Membuka seminar, bupati meminta seluruh peserta menyimak materi yang disampaikan dengan sungguh-sungguh.
"Selamat mengikuti kegiatan ini, tolong disimak, dicermati. Kegiatan ini akan meningkatkan pemahaman kita tentang ideologi kebangsaan," ujar Sam'ani.
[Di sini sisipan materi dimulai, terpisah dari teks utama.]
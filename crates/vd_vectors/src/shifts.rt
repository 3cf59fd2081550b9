//! The six shifts.

ghost use Rattle.std.specs.Prelude.{◌≡◌, ◌≤◌, IfOk, length};
ghost use Rattle.vd_composites.specs.Answers.{Answers};
ghost use Rattle.vd_vectors.specs.Shifts.{leftmost, opposite, places, rightmost, shift as shift_value, shifted};
ghost use Rattle.vd_vectors.specs.declared.shifts.ShiftOperator.TheVariants.{RotateLeft, RotateRight};
ghost use Rattle.vd_vectors.specs.Moves.{filled_left, filled_right, rotated};

use crate::logics::{LogicType, as_logics, result_of};
use std::alloc::{AllocError, Global};
use vd_composites::{Value, ValueEnd};
use vd_values::{Logic, StopKind};

/// A shift.
#[derive(Clone, Copy, PartialEq, Eq, Debug)]
pub enum ShiftOperator {
    /// `sll`.
    LogicalLeft,
    /// `srl`.
    LogicalRight,
    /// `sla`.
    ArithmeticLeft,
    /// `sra`.
    ArithmeticRight,
    /// `rol`.
    RotateLeft,
    /// `ror`.
    RotateRight,
}

/// The shift the other way.
fn the_other_way(operator: ShiftOperator) -> ShiftOperator
    ensures { result ≡ opposite operator }
{
    match operator {
        ShiftOperator::LogicalLeft => ShiftOperator::LogicalRight,
        ShiftOperator::LogicalRight => ShiftOperator::LogicalLeft,
        ShiftOperator::ArithmeticLeft => ShiftOperator::ArithmeticRight,
        ShiftOperator::ArithmeticRight => ShiftOperator::ArithmeticLeft,
        ShiftOperator::RotateLeft => ShiftOperator::RotateRight,
        ShiftOperator::RotateRight => ShiftOperator::RotateLeft,
    }
}

/// The leftmost element, or '0' where there is none.
fn first_of(values: &[Logic]) -> Logic
    ensures { result ≡ leftmost Logic.Zero values.now }
{
    match values {
        [first, ..] => *first,
        [] => Logic::Zero,
    }
}

/// The rightmost element, or '0' where there is none.
fn last_of(values: &[Logic]) -> Logic
    ensures { result ≡ rightmost Logic.Zero values.now }
{
    let mut last = Logic::Zero;
    for value in values {
        last = *value;
    }
    last
}

/// The elements so many places to the left, with others behind them.
fn fill_left(
    alloc: Global,
    new: Logic,
    count: usize,
    values: &[Logic],
) -> Result<Vec<Logic>, AllocError>
    ensures { IfOk result (λ made. made.items ≡ filled_left new count values.now) }
{
    let gone = count.min(values.len());
    let mut made = Vec::from_slice(alloc, &values[gone..])?;
    for _place in 0..gone {
        made.push(new)?;
    }
    Ok(made)
}

/// The elements so many places to the right, with others in front of them.
fn fill_right(
    alloc: Global,
    new: Logic,
    count: usize,
    values: &[Logic],
) -> Result<Vec<Logic>, AllocError>
    ensures { IfOk result (λ made. made.items ≡ filled_right new count values.now) }
{
    let gone = count.min(values.len());
    let mut made = Vec::new(alloc);
    for _place in 0..gone {
        made.push(new)?;
    }
    made.extend_from_slice(&values[..values.len() - gone])?;
    Ok(made)
}

/// The elements from a place on, and then those in front of it.
fn rotate(alloc: Global, place: usize, values: &[Logic]) -> Result<Vec<Logic>, AllocError>
    requires { place ≤ length values.now }
    ensures { IfOk result (λ made. made.items ≡ rotated place values.now) }
{
    let mut made = Vec::from_slice(alloc, &values[place..])?;
    made.extend_from_slice(&values[..place])?;
    Ok(made)
}

/// The rotations.
fn rotate_left(alloc: Global, count: usize, values: &[Logic]) -> Result<Vec<Logic>, AllocError>
    ensures { IfOk result (λ made. made.items ≡ places count RotateLeft values.now) }
{
    if values.is_empty() {
        return Ok(Vec::new(alloc));
    }
    rotate(alloc, count % values.len(), values)
}

fn rotate_right(alloc: Global, count: usize, values: &[Logic]) -> Result<Vec<Logic>, AllocError>
    ensures { IfOk result (λ made. made.items ≡ places count RotateRight values.now) }
{
    if values.is_empty() {
        return Ok(Vec::new(alloc));
    }
    rotate(alloc, values.len() - count % values.len(), values)
}

/// A shift by so many places.
fn shift_places(
    alloc: Global,
    operator: ShiftOperator,
    count: usize,
    values: &[Logic],
) -> Result<Vec<Logic>, AllocError>
    ensures { IfOk result (λ made. made.items ≡ places count operator values.now) }
{
    match operator {
        ShiftOperator::LogicalLeft => fill_left(alloc, Logic::Zero, count, values),
        ShiftOperator::LogicalRight => fill_right(alloc, Logic::Zero, count, values),
        ShiftOperator::ArithmeticLeft => fill_left(alloc, last_of(values), count, values),
        ShiftOperator::ArithmeticRight => fill_right(alloc, first_of(values), count, values),
        ShiftOperator::RotateLeft => rotate_left(alloc, count, values),
        ShiftOperator::RotateRight => rotate_right(alloc, count, values),
    }
}

/// A shift of a list by a count of either sign.
fn shift_list(
    alloc: Global,
    operator: ShiftOperator,
    count: i32,
    values: &[Logic],
) -> Result<Vec<Logic>, AllocError>
    ensures { IfOk result (λ made. made.items ≡ shifted operator count values.now) }
{
    let size = count.unsigned_abs() as usize;
    if count < 0 {
        shift_places(alloc, the_other_way(operator), size, values)
    } else {
        shift_places(alloc, operator, size, values)
    }
}

/// A shift of an array.
pub fn shift(
    alloc: Global,
    operator: ShiftOperator,
    of: LogicType,
    value: &Value,
    count: i32,
) -> Result<Value, ValueEnd>
    ensures { Answers result (shift_value operator of value.now count) }
{
    let Some(bounds) = value.bounds() else {
        return Err(ValueEnd::Stop(StopKind::Range));
    };
    let values = as_logics(alloc, of, value)?;
    match shift_list(alloc, operator, count, &values) {
        Err(_) => Err(ValueEnd::Memory),
        Ok(made) => result_of(alloc, of, bounds, &made),
    }
}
Pihaknya juga tak lupa menyinggung tantangan era digital, sembari mengingatkan generasi muda akan peran besar yang menanti mereka sebagai calon pemimpin bangsa.
"Di era digital, perkembangan sangat luar biasa. Saya berpesan kepada semua, tetap bijak menggunakan medsos, tetap santun. Karena kalian adalah calon pemimpin di masa depan," tambahnya.
Sementara itu, Kepala Badan Kesbangpol Kudus Andreas Wahyu Adi Setiawan menyampaikan tujuan penyelenggaraan seminar ini bagi generasi muda Kudus.
"Kegiatan ini bertujuan untuk meningkatkan pemahaman dan kesadaran akan peran penting pelajar, pemuda-pemudi, dan mahasiswa dalam mencegah radikalisme serta terorisme," ujar Andreas.
Andreas menyebut, seminar ini diikuti 80 peserta dengan latar belakang organisasi yang beragam.
"Peserta kegiatan sebanyak 80 orang, berasal dari Duta Pancasila Paskibraka Indonesia (DPPI), Paskibraka, Ketua dan Wakil Ketua BEM se-Kabupaten Kudus," jelasnya.